▶ _EXERCISE DESCRIPTION_
In the entries that follow, find the line containing "OutOfMemory (streams (Some"; from there, copy every line exactly through the line containing "EndsAlone text Unsound".

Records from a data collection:
-- -- --

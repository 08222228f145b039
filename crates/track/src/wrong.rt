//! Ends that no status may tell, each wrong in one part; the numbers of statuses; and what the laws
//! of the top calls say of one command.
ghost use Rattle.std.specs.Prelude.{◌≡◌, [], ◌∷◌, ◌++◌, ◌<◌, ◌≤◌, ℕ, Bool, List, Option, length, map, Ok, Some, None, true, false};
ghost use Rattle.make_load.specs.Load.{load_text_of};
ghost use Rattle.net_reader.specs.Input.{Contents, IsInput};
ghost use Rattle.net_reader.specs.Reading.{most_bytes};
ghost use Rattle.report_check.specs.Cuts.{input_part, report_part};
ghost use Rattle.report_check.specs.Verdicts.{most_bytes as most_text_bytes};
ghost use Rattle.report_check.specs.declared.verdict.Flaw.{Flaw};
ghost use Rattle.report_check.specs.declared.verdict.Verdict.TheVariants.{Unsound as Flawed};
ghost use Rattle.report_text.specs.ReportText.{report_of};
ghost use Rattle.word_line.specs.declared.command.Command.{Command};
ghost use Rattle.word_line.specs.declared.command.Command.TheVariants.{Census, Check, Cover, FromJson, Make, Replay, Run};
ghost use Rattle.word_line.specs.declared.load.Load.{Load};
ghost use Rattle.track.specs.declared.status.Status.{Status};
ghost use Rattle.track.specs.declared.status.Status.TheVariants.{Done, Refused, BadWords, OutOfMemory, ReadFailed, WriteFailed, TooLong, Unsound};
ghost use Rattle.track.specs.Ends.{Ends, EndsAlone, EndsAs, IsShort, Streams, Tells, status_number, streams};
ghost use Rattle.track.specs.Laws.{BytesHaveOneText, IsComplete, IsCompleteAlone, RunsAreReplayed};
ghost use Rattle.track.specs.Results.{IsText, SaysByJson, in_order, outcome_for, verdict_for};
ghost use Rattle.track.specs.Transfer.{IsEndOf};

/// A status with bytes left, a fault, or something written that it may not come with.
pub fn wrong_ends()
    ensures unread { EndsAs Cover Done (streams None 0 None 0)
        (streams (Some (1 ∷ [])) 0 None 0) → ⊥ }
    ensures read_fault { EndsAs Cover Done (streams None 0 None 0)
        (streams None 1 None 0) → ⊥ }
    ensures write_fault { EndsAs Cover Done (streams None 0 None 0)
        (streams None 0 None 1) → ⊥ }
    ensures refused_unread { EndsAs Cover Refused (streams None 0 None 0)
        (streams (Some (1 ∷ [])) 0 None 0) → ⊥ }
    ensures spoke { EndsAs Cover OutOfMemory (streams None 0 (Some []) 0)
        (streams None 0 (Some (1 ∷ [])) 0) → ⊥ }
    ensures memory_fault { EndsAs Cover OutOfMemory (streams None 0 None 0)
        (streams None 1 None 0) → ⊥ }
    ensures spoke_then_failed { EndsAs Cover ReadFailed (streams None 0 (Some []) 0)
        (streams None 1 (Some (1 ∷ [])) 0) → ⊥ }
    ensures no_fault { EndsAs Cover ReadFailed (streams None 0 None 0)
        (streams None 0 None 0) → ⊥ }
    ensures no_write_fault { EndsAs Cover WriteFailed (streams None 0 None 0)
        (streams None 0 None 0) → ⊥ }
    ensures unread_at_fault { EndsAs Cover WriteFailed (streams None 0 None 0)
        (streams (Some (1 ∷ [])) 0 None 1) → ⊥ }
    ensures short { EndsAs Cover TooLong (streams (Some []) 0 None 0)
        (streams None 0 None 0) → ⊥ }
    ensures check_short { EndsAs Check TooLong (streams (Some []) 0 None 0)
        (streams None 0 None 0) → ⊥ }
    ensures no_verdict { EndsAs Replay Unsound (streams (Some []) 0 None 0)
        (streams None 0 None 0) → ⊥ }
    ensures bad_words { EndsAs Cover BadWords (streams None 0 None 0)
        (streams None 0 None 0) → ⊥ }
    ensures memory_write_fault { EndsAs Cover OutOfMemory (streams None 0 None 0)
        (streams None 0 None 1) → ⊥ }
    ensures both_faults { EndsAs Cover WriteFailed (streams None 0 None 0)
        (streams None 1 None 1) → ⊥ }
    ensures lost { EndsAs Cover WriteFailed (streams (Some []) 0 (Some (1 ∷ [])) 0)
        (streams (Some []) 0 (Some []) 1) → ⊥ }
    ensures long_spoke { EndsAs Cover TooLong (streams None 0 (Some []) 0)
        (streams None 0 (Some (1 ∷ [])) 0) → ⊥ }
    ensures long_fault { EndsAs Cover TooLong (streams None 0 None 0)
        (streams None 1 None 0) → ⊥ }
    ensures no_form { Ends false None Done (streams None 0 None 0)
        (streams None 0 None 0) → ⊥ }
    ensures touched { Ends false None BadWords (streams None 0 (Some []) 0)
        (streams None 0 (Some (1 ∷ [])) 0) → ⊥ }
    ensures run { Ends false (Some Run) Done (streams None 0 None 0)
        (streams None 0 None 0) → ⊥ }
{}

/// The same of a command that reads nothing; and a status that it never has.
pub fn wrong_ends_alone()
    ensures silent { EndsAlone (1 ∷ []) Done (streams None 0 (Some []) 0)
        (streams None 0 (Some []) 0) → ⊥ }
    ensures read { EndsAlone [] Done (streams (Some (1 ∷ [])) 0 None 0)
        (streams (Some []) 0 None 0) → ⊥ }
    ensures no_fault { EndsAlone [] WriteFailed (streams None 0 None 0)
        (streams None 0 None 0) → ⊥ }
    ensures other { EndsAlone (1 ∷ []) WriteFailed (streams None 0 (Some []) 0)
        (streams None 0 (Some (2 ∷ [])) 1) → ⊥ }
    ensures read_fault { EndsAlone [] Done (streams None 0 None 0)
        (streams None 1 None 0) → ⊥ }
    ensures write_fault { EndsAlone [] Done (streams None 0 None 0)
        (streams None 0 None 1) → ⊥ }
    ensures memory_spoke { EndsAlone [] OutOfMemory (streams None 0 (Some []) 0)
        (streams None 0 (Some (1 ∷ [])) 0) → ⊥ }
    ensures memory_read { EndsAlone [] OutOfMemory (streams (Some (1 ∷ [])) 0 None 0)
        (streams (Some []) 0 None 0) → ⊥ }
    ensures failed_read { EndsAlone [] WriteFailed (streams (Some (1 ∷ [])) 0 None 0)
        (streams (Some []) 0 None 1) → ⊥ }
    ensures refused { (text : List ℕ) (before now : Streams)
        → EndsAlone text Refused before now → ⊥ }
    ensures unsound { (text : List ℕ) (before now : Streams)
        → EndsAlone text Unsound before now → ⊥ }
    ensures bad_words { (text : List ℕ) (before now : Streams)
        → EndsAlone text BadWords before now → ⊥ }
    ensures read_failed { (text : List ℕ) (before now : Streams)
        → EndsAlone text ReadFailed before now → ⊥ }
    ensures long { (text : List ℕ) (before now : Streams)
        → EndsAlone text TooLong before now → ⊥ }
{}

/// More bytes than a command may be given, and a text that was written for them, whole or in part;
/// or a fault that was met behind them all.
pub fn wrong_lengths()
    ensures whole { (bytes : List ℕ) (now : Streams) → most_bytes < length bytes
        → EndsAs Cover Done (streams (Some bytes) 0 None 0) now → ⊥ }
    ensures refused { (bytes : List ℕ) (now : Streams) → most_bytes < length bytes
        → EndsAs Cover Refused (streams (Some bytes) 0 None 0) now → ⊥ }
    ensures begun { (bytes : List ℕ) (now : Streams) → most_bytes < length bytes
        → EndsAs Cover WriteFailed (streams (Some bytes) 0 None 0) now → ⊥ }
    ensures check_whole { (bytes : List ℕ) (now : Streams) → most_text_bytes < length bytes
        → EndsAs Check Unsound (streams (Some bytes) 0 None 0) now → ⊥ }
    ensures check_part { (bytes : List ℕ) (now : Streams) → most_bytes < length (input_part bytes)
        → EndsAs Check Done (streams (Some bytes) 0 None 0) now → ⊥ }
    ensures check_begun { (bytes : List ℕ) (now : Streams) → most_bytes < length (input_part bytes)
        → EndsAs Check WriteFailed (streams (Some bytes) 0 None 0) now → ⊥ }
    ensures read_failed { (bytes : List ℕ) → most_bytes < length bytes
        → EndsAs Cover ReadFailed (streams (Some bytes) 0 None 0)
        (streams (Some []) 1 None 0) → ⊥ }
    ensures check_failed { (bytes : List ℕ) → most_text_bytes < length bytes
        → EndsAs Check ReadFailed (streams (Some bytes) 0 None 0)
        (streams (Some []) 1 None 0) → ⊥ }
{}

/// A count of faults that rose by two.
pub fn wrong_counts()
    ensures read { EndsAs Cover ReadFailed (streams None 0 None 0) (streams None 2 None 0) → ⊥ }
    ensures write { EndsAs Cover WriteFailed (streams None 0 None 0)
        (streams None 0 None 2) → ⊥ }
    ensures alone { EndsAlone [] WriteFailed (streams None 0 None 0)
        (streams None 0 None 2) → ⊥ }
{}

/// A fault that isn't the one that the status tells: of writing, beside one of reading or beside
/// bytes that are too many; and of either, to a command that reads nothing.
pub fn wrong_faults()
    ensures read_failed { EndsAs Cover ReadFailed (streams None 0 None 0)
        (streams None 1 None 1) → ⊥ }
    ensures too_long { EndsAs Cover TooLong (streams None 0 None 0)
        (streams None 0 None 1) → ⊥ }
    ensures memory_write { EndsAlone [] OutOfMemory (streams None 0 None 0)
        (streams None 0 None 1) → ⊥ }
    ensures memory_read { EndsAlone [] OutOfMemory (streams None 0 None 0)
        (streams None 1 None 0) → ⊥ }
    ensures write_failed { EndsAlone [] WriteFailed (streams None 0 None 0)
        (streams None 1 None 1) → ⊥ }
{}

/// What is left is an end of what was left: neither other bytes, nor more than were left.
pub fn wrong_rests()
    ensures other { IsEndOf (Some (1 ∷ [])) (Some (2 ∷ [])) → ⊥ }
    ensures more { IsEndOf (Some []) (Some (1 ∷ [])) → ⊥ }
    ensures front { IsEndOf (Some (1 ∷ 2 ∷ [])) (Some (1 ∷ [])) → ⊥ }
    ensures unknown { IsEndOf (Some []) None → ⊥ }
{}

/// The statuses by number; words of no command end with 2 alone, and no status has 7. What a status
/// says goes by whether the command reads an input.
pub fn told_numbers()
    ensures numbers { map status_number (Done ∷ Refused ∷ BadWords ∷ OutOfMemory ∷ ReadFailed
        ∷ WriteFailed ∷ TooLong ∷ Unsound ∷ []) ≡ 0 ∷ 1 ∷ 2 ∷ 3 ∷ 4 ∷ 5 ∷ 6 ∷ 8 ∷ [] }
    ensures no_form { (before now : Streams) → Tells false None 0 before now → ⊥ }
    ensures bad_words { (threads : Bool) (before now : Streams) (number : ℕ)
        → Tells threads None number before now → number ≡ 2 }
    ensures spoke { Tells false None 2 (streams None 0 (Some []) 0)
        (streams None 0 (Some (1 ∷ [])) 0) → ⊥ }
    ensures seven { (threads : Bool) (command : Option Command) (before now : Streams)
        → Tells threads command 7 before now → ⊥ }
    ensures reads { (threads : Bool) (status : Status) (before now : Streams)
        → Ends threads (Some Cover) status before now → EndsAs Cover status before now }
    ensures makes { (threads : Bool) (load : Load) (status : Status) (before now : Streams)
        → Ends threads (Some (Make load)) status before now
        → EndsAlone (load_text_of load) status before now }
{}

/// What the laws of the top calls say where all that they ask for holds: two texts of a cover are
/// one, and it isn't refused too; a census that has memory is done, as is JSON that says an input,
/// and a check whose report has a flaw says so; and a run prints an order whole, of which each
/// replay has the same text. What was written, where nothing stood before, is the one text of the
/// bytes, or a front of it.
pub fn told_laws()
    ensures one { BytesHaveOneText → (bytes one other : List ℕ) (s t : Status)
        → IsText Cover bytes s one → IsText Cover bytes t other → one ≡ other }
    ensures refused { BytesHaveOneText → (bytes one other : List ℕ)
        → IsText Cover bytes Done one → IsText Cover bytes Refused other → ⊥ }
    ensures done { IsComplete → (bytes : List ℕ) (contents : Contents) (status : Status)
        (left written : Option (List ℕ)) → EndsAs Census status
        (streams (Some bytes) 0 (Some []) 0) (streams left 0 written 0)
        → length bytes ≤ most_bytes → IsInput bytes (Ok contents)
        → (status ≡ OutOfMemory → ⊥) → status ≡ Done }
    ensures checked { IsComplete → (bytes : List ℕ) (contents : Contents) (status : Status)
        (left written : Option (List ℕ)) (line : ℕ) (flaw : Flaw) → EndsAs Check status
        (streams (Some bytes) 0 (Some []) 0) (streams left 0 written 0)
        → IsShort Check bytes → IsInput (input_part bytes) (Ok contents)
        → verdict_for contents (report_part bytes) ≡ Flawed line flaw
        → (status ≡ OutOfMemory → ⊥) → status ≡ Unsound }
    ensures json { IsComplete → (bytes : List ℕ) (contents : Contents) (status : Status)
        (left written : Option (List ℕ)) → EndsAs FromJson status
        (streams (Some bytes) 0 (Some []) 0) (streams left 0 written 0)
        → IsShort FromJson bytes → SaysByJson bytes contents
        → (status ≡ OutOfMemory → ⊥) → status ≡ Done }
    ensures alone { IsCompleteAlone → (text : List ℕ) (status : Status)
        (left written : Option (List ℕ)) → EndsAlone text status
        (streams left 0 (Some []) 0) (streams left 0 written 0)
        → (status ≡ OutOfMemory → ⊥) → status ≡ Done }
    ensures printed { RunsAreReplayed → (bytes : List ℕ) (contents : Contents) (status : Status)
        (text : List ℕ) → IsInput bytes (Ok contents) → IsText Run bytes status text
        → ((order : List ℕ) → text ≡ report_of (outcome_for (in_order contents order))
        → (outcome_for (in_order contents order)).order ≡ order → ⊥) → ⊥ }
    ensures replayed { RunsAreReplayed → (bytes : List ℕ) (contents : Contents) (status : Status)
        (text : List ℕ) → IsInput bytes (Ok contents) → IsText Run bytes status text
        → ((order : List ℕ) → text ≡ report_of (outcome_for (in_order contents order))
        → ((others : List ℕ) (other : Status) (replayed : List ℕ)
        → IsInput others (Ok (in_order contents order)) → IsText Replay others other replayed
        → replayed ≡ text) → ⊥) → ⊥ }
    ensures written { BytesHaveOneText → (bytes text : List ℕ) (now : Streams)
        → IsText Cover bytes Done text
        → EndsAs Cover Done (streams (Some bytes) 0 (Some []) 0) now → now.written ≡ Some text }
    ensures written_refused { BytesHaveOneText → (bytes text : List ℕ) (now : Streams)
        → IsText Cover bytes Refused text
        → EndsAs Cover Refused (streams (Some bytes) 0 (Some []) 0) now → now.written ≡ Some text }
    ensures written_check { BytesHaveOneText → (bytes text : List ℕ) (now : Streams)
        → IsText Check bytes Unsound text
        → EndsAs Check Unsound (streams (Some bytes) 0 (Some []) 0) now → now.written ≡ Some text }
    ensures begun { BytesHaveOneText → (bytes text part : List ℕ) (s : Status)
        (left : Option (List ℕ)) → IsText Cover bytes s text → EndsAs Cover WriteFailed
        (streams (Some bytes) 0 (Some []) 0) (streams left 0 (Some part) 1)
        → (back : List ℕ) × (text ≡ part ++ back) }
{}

-- -- --

▶ _OUTPUT OF THE TASK_
    ensures memory_read { EndsAlone [] OutOfMemory (streams (Some (1 ∷ [])) 0 None 0)
        (streams (Some []) 0 None 0) → ⊥ }
    ensures failed_read { EndsAlone [] WriteFailed (streams (Some (1 ∷ [])) 0 None 0)
        (streams (Some []) 0 None 1) → ⊥ }
    ensures refused { (text : List ℕ) (before now : Streams)
        → EndsAlone text Refused before now → ⊥ }
    ensures unsound { (text : List ℕ) (before now : Streams)
        → EndsAlone text Unsound before now → ⊥ }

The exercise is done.